Right, and what's the problem ?

1) We know that PELT is calibrated to 32ms period task and in your
   example, since the runtime is higher then the half-life, it's
   correct to estimate a utilization higher then 50%.

   PELT utilization is defined _based on the half-life_: thus
   your task having a 50% duty cycle does not mean we are not correct
   if report a utilization != 50%.
   It would be as broken as reporting 10% utilization for a task
   running 100ms every 1s.

2) If it was a 70% task on a previous activation, once it's moved into
   a lower capacity CPU it's still correct to assume that it's likely
   going to require the same bandwidth and thus will be
   under-provisioned.

I still don't see where we are wrong in this case :/

To me it looks different then the problem I described.

> > With your new signal instead, once we cross the current capacity,
> > utilization is just not anymore utilization. Thus, IMHO it make sense
> > avoid to accumulate a sample for what we call "estimated utilization".
> >
> > I would also say that, with the current implementation which caps
> > utilization to the current capacity, we get better estimation in
> > general.

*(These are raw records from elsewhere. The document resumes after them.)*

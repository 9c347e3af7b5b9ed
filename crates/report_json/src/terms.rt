//! Terms with rules.

use crate::heads::push_head;
use crate::places::LinePlaces;
use crate::rules::push_rule;
use crate::site_types::types_of_sites;
use crate::sites::push_sites;
use crate::trees::Sources;
use crate::typed_rules::TypedForms;
use cranelift_isle::lower::LoweredTerm;
use cranelift_isle::sema::TypeId;
use cranelift_isle::serialize::{Block, ControlFlow};
use cranelift_isle::trie_again::{BindingId, Rule, RuleSet};
use report_names::names::NameTables;
use report_queries::variable_sites::KnownSites;
use report_ways::explanation::comes_first;
use std::alloc::{AllocError, Global};
use text_json::Json;

/// What terms are shown with.
#[derive(Clone, Copy)]
pub(crate) struct Shown<'a, 'f> {
    pub(crate) alloc: Global,
    /// What names are looked up in.
    pub(crate) names: NameTables<'a>,
    /// The places of files.
    pub(crate) places: &'a LinePlaces<'f>,
    /// The typed rules.
    pub(crate) typed: &'a TypedForms<'a>,
}

/// Adds a term with rules.
pub(crate) fn push_term(
    json: &mut Json,
    shown: &Shown<'_, '_>,
    term: &LoweredTerm,
) -> Result<(), AllocError> {
    json.begin_object()?;
    if let Some(head) = shown.names.terms.get(term.id.index()) {
        push_head(json, shown.names, head)?;
        push_all_sites(json, shown, &head.arg_tys, term)?;
    }
    push_rules(json, shown, &term.rules)?;
    let sources = Sources {
        names: shown.names,
        set: &term.rules,
    };
    sources.push_block(json, "tree", &term.block)?;
    json.end()
}

fn push_all_sites(
    json: &mut Json,
    shown: &Shown<'_, '_>,
    arguments: &[TypeId],
    term: &LoweredTerm,
) -> Result<(), AllocError> {
    let marked = marked_sites(shown.alloc, term)?;
    let types = types_of_sites(shown.alloc, shown.names, arguments, &term.rules.bindings)?;
    push_sites(json, shown.names, &term.rules.bindings, &types, &marked)
}

// Adds the rules of a set, in the order of their numbers.
fn push_rules(json: &mut Json, shown: &Shown<'_, '_>, set: &RuleSet) -> Result<(), AllocError> {
    let sites = KnownSites::new(shown.alloc, shown.names.terms, &set.bindings)?;
    json.begin_list_at("rules")?;
    for rule in &set.rules {
        json.begin_object()?;
        push_rule(json, shown.places, shown.names, rule)?;
        push_higher(json, &set.rules, rule)?;
        shown.typed.push_forms(json, &sites, rule.id)?;
        json.end()?;
    }
    json.end()
}

// Adds the rules that come first where both they and this rule match.
fn push_higher(json: &mut Json, rules: &[Rule], rule: &Rule) -> Result<(), AllocError> {
    json.begin_list_at("higher")?;
    for other in rules {
        if comes_first(rule, other) {
            json.number(other.id.index())?;
        }
    }
    json.end()
}

// Whether some step of a term's tree binds it, of each site.
fn marked_sites(alloc: Global, term: &LoweredTerm) -> Result<Vec<bool>, AllocError> {
    let mut marked = Vec::new(alloc);
    for _ in &term.rules.bindings {
        marked.push(false)?;
    }
    mark_block(&mut marked, &term.block);
    Ok(marked)
}

#[cycle(marks)]
fn mark_block(marked: &mut Vec<bool>, block: &Block) {
    for step in &block.steps {
        mark(marked, &step.bind_order);
        mark_inside(marked, &step.check);
    }
}

#[cycle(marks)]
fn mark_inside(marked: &mut Vec<bool>, check: &ControlFlow) {
    match check {
        ControlFlow::Match { arms, .. } => {
            for arm in arms {
                mark_block(marked, &arm.body);
            }
        }
        ControlFlow::Equal { body, .. } | ControlFlow::Loop { body, .. } => mark_block(
            marked, body,
        ),
        ControlFlow::Return { .. } => {}
    }
}

fn mark(marked: &mut Vec<bool>, sites: &[BindingId]) {
    for site in sites {
        if let Some(entry) = marked.get_mut(site.index()) {
            *entry = true;
        }
    }
}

At least we can say with absolute precision:
> >
> >    "the task needs _at least_ that amount of capacity".
> >
> > Potentially we can also flag the task as being under-provisioned, in
> > case there was not idle time, and _let a policy_ decide what to do
> > with it and the granted information we have.
> >
> > While, with your new signal, once we are over the current capacity,
> > the "utilization" is just a sort of "random" number at best useful to
> > drive some conclusions about how long the task has been delayed.
> >
> > IOW, I fear that we are embedding a policy within a signal which is
> > currently representing something very well defined: how much cpu
> > bandwidth a task used. While, latency/under-provisioning policies
> > perhaps should be better placed somewhere else.
> >
> > Perhaps I've missed it in some of the previous discussions:
> > have we have considered/discussed this signal-vs-policy aspect ?

What's your opinion on the above instead ?

-- 
#include <best/regards.h>

Patrick Bellasi